Self-indexes aim at representing text collections in a compressed format
that allows extracting arbitrary portions and also offers indexed searching
on the collection. Current self-indexes are unable of fully exploiting the
redundancy of highly repetitive text collections that arise in several
applications. Grammar-based compression is well suited to exploit
such repetitiveness.
We introduce the first grammar-based self-index. It builds on Straight-Line
Programs (SLPs), a rather general kind of context-free grammars. If an SLP
of *n* rules represents a text *T[1,u]*, then an SLP-compressed
representation of *T* requires *2n log_2 n* bits. For that same SLP, our
self-index takes *O(n log n) + n log_2 u* bits.

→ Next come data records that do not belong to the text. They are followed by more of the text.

// Which hands are out, as an object can keep it.
ghost use Rattle.std.specs.Prelude.{◌≡◌, ◌≤◌, ℕ, false, nat_lt, slice_index_or};
ghost use Rattle.turn_table.specs.Meaning.{first_free};

use points::MAX_HANDS;

/// A row in which the hands below this number are out.
pub fn hand_row(hands: u32) -> [bool; 32]
    requires { hands ≤ MAX_HANDS }
    ensures { (n : ℕ) → slice_index_or result n false ≡ nat_lt n hands }
{
    let mut out = [false; 32];
    for i in 0..hands as usize {
        out[i] = true;
    }
    out
}

/// The lowest number of a hand that isn't out, or 32.
pub fn lowest_free(out: &[bool; 32]) -> usize
    ensures { result ≡ first_free (λ n. slice_index_or out.now n false) MAX_HANDS 0 }
{
    for i in 0..MAX_HANDS {
        if !out[i] {
            return i;
        }
    }
    MAX_HANDS
}
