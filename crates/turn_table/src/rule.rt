// The rule of a table, and its kinds of step.
ghost use Rattle.std.specs.Prelude.{ℕ, Option, None};

use crate::object::Object;
use crate::view::View;
use atomic_table::{Join, Play, Split, TableRule};
use std::marker::{Brand, PhantomData};
use std::snapshot::Snapshot;

/// What a table is told once: the object that it was made with, as clauses see it, and how many desks and hands.
#[derive(Drop)]
pub struct Key<O> {
    pub object: Snapshot<O>,
    pub desks: u32,
    pub hands: u32,
}

/// The rule of a table.
pub struct Law<O> {
    of: PhantomData<O>,
}

impl<O: Object> TableRule<Option<O>, View<O::Told, O::State>, Key<O>> for Law<O> {
    ghost use Rattle.turn_table.specs.Meaning.{MayFollow};
    ghost use Rattle.turn_table.specs.Rule.{Kept, first_view};

    ghost holds = { λ key. Kept O.meaning (MayFollow O.meaning O.Meets) O.state (O.state key.object.value) key.desks };

    ghost first = { λ key. first_view key.desks key.hands };
}

/// The state that a table began with, and how many desks it has: what a step tells of the history is about these. Each
/// call picks them.
pub trait Begun<S> {
    ghost start: { Option S };

    ghost desks: { ℕ };
}

impl<S> Begun<S> for Brand {
    ghost start = { None };

    ghost desks = { 0 };
}

/// The entry that a step adds, and the hand number that its call gives back. Each call picks them.
pub trait Asking<T> {
    ghost entry: { Option T };

    ghost back: { Option ℕ };
}

impl<T> Asking<T> for Brand {
    ghost entry = { None };

    ghost back = { None };
}

/// A step that takes the lock and the object, where the lock is free.
pub struct Grab<O, B> {
    of: PhantomData<(O, B)>,
}

impl<O: Object, B: Begun<O::State>> Play<Option<O>, View<O::Told, O::State>> for Grab<O, B> {
    ghost use Rattle.turn_table.specs.Meaning.{MayFollow};
    ghost use Rattle.turn_table.specs.Steps.{Grabs};

    ghost then = { Grabs O.meaning (MayFollow O.meaning O.Meets) O.state B.start B.desks };
}

/// A step that sees the whole history.
pub struct See<O, B> {
    of: PhantomData<(O, B)>,
}

impl<O: Object, B: Begun<O::State>> Play<Option<O>, View<O::Told, O::State>> for See<O, B> {
    ghost use Rattle.turn_table.specs.Meaning.{MayFollow};
    ghost use Rattle.turn_table.specs.Steps.{Sees};

    ghost then = { Sees O.meaning (MayFollow O.meaning O.Meets) B.start B.desks };
}

/// A step that adds an entry to the history.
pub struct Decide<O, A> {
    of: PhantomData<(O, A)>,
}

impl<O: Object, A: Asking<O::Told>> Play<Option<O>, View<O::Told, O::State>> for Decide<O, A> {
    ghost use Rattle.turn_table.specs.Meaning.{MayFollow};
    ghost use Rattle.turn_table.specs.Steps.{Decides};

    ghost then = { Decides O.meaning (MayFollow O.meaning O.Meets) A.entry A.back };
}

/// A step that gives the lock and the object back.
pub struct LetGo;

impl<O, T, S> Play<Option<O>, View<T, S>> for LetGo {
    ghost use Rattle.turn_table.specs.Steps.{LetsGo};

    ghost then = { LetsGo };
}

/// The holder makes a hand.
pub struct MakeHand<O> {
    of: PhantomData<O>,
}

impl<O: Object> Split<View<O::Told, O::State>> for MakeHand<O> {
    ghost use Rattle.turn_table.specs.Turns.{maker, new_hand};

    ghost left = { maker O.meaning };

    ghost right = { new_hand O.meaning };
}

/// The first seat deals a desk.
pub struct DealDesk;

impl<T, S> Split<View<T, S>> for DealDesk {
    ghost use Rattle.turn_table.specs.Steps.{after_desk, deal_desk};

    ghost left = { after_desk };

    ghost right = { deal_desk };
}

/// The first seat deals a hand.
pub struct DealHand;

impl<T, S> Split<View<T, S>> for DealHand {
    ghost use Rattle.turn_table.specs.Steps.{after_hand, deal_hand};

    ghost left = { after_hand };

    ghost right = { deal_hand };
}

/// A desk takes in another.
pub struct End;

impl<T, S> Join<View<T, S>> for End {
    ghost use Rattle.turn_table.specs.Steps.{joined, spent};

    ghost both = { joined };

    ghost spent = { spent };
}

It extracts any text
substring
of length *m* in time *O((m+h) log n)*, and finds *occ* occurrences of a
pattern string of length *m* in time *O((m(m+h)+h occ) log n)*, where
*h*
is the height of the parse tree of the SLP. No previous grammar
representation had achieved *o(n)* search time. \\
%
As byproducts we introduce (i) a representation of SLPs that takes
*2n log_2 n (1+o(1))* bits and efficiently supports more operations
than a plain array of rules; (ii) a representation for binary relations
with labels supporting various extended queries; (iii) a generalization of
our self-index to grammar compressors that reduce *T* to a sequence of
terminals and nonterminals, such as Re-Pair and LZ78.